- [Task item] Every entry must come back exactly as it was written.

[Stored data entries]
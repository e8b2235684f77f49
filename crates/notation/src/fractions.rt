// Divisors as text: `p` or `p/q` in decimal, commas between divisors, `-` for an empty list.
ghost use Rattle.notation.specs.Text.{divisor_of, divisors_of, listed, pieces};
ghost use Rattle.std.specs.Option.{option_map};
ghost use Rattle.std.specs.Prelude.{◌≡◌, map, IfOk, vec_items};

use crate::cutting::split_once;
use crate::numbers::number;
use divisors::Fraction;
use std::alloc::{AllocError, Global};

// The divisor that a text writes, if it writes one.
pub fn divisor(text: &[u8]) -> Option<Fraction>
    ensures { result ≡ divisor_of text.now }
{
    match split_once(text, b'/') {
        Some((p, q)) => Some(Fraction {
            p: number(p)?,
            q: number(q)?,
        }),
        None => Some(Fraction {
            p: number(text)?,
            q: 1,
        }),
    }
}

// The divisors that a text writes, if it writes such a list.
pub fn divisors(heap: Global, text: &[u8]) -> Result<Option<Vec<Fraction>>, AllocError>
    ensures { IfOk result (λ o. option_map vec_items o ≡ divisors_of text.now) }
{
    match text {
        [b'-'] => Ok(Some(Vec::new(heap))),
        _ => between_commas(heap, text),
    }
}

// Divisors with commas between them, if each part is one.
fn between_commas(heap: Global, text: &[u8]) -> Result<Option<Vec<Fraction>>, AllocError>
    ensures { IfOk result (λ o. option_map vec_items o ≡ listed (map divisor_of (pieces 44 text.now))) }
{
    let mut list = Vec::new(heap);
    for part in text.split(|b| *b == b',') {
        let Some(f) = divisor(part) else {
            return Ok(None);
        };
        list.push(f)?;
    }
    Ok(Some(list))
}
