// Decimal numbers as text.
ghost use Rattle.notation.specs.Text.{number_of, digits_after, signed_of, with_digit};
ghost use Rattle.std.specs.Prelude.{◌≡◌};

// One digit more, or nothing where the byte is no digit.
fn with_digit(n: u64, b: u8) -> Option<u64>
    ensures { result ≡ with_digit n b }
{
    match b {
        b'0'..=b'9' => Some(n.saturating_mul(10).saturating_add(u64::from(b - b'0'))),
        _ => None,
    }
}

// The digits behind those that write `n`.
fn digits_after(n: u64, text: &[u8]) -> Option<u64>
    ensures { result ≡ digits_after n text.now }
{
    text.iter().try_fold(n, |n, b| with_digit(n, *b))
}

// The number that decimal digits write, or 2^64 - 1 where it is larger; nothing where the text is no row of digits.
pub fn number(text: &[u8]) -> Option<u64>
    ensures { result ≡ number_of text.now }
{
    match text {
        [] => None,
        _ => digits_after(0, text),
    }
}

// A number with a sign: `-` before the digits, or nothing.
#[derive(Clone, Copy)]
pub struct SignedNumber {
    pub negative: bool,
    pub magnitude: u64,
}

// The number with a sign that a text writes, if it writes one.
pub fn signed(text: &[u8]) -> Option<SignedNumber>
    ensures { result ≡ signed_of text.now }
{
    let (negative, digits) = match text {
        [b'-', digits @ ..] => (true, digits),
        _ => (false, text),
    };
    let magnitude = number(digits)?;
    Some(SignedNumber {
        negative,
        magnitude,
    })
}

- [Answer space]
repository e8b2235684f77f49
filename crates/notation/src/fractions.rt
// Divisors as text: `p` or `p/q` in decimal, commas between divisors, `-` for an empty list.
ghost use Rattle.notation.specs.Text.{divisor_of, divisors_of, listed, pieces};
ghost use Rattle.std.specs.Option.{option_map};
ghost use Rattle.std.specs.Prelude.{◌≡◌, map, IfOk, vec_items};

use crate::cutting::split_once;
use crate::numbers::number;
use divisors::Fraction;
use std::alloc::{AllocError, Global};

// The divisor that a text writes, if it writes one.
pub fn divisor(text: &[u8]) -> Option<Fraction>
    ensures { result ≡ divisor_of text.now }
{
    match split_once(text, b'/') {
        Some((p, q)) => Some(Fraction {
            p: number(p)?,
            q: number(q)?,
        }),
        None => Some(Fraction {
            p: number(text)?,
            q: 1,
        }),
    }
}

// The divisors that a text writes, if it writes such a list.
pub fn divisors(heap: Global, text: &[u8]) -> Result<Option<Vec<Fraction>>, AllocError>
    ensures { IfOk result (λ o. option_map vec_items o ≡ divisors_of text.now) }
{
    match text {
        [b'-'] => Ok(Some(Vec::new(heap))),
        _ => between_commas(heap, text),
    }
}

// Divisors with commas between them, if each part is one.
fn between_commas(heap: Global, text: &[u8]) -> Result<Option<Vec<Fraction>>, AllocError>
    ensures { IfOk result (λ o. option_map vec_items o ≡ listed (map divisor_of (pieces 44 text.now))) }
{
    let mut list = Vec::new(heap);
    for part in text.split(|b| *b == b',') {
        let Some(f) = divisor(part) else {
            return Ok(None);
        };
        list.push(f)?;
    }
    Ok(Some(list))
}
// Decimal numbers as text.
ghost use Rattle.notation.specs.Text.{number_of, digits_after, signed_of, with_digit};
ghost use Rattle.std.specs.Prelude.{◌≡◌};

// One digit more, or nothing where the byte is no digit.
fn with_digit(n: u64, b: u8) -> Option<u64>
    ensures { result ≡ with_digit n b }
{
    match b {
        b'0'..=b'9' => Some(n.saturating_mul(10).saturating_add(u64::from(b - b'0'))),
        _ => None,
    }
}

// The digits behind those that write `n`.
fn digits_after(n: u64, text: &[u8]) -> Option<u64>
    ensures { result ≡ digits_after n text.now }
{
    text.iter().try_fold(n, |n, b| with_digit(n, *b))
}

// The number that decimal digits write, or 2^64 - 1 where it is larger; nothing where the text is no row of digits.
pub fn number(text: &[u8]) -> Option<u64>
    ensures { result ≡ number_of text.now }
{
    match text {
        [] => None,
        _ => digits_after(0, text),
    }
}

// A number with a sign: `-` before the digits, or nothing.
#[derive(Clone, Copy)]
pub struct SignedNumber {
    pub negative: bool,
    pub magnitude: u64,
}

// The number with a sign that a text writes, if it writes one.
pub fn signed(text: &[u8]) -> Option<SignedNumber>
    ensures { result ≡ signed_of text.now }
{
    let (negative, digits) = match text {
        [b'-', digits @ ..] => (true, digits),
        _ => (false, text),
    };
    let magnitude = number(digits)?;
    Some(SignedNumber {
        negative,
        magnitude,
    })
}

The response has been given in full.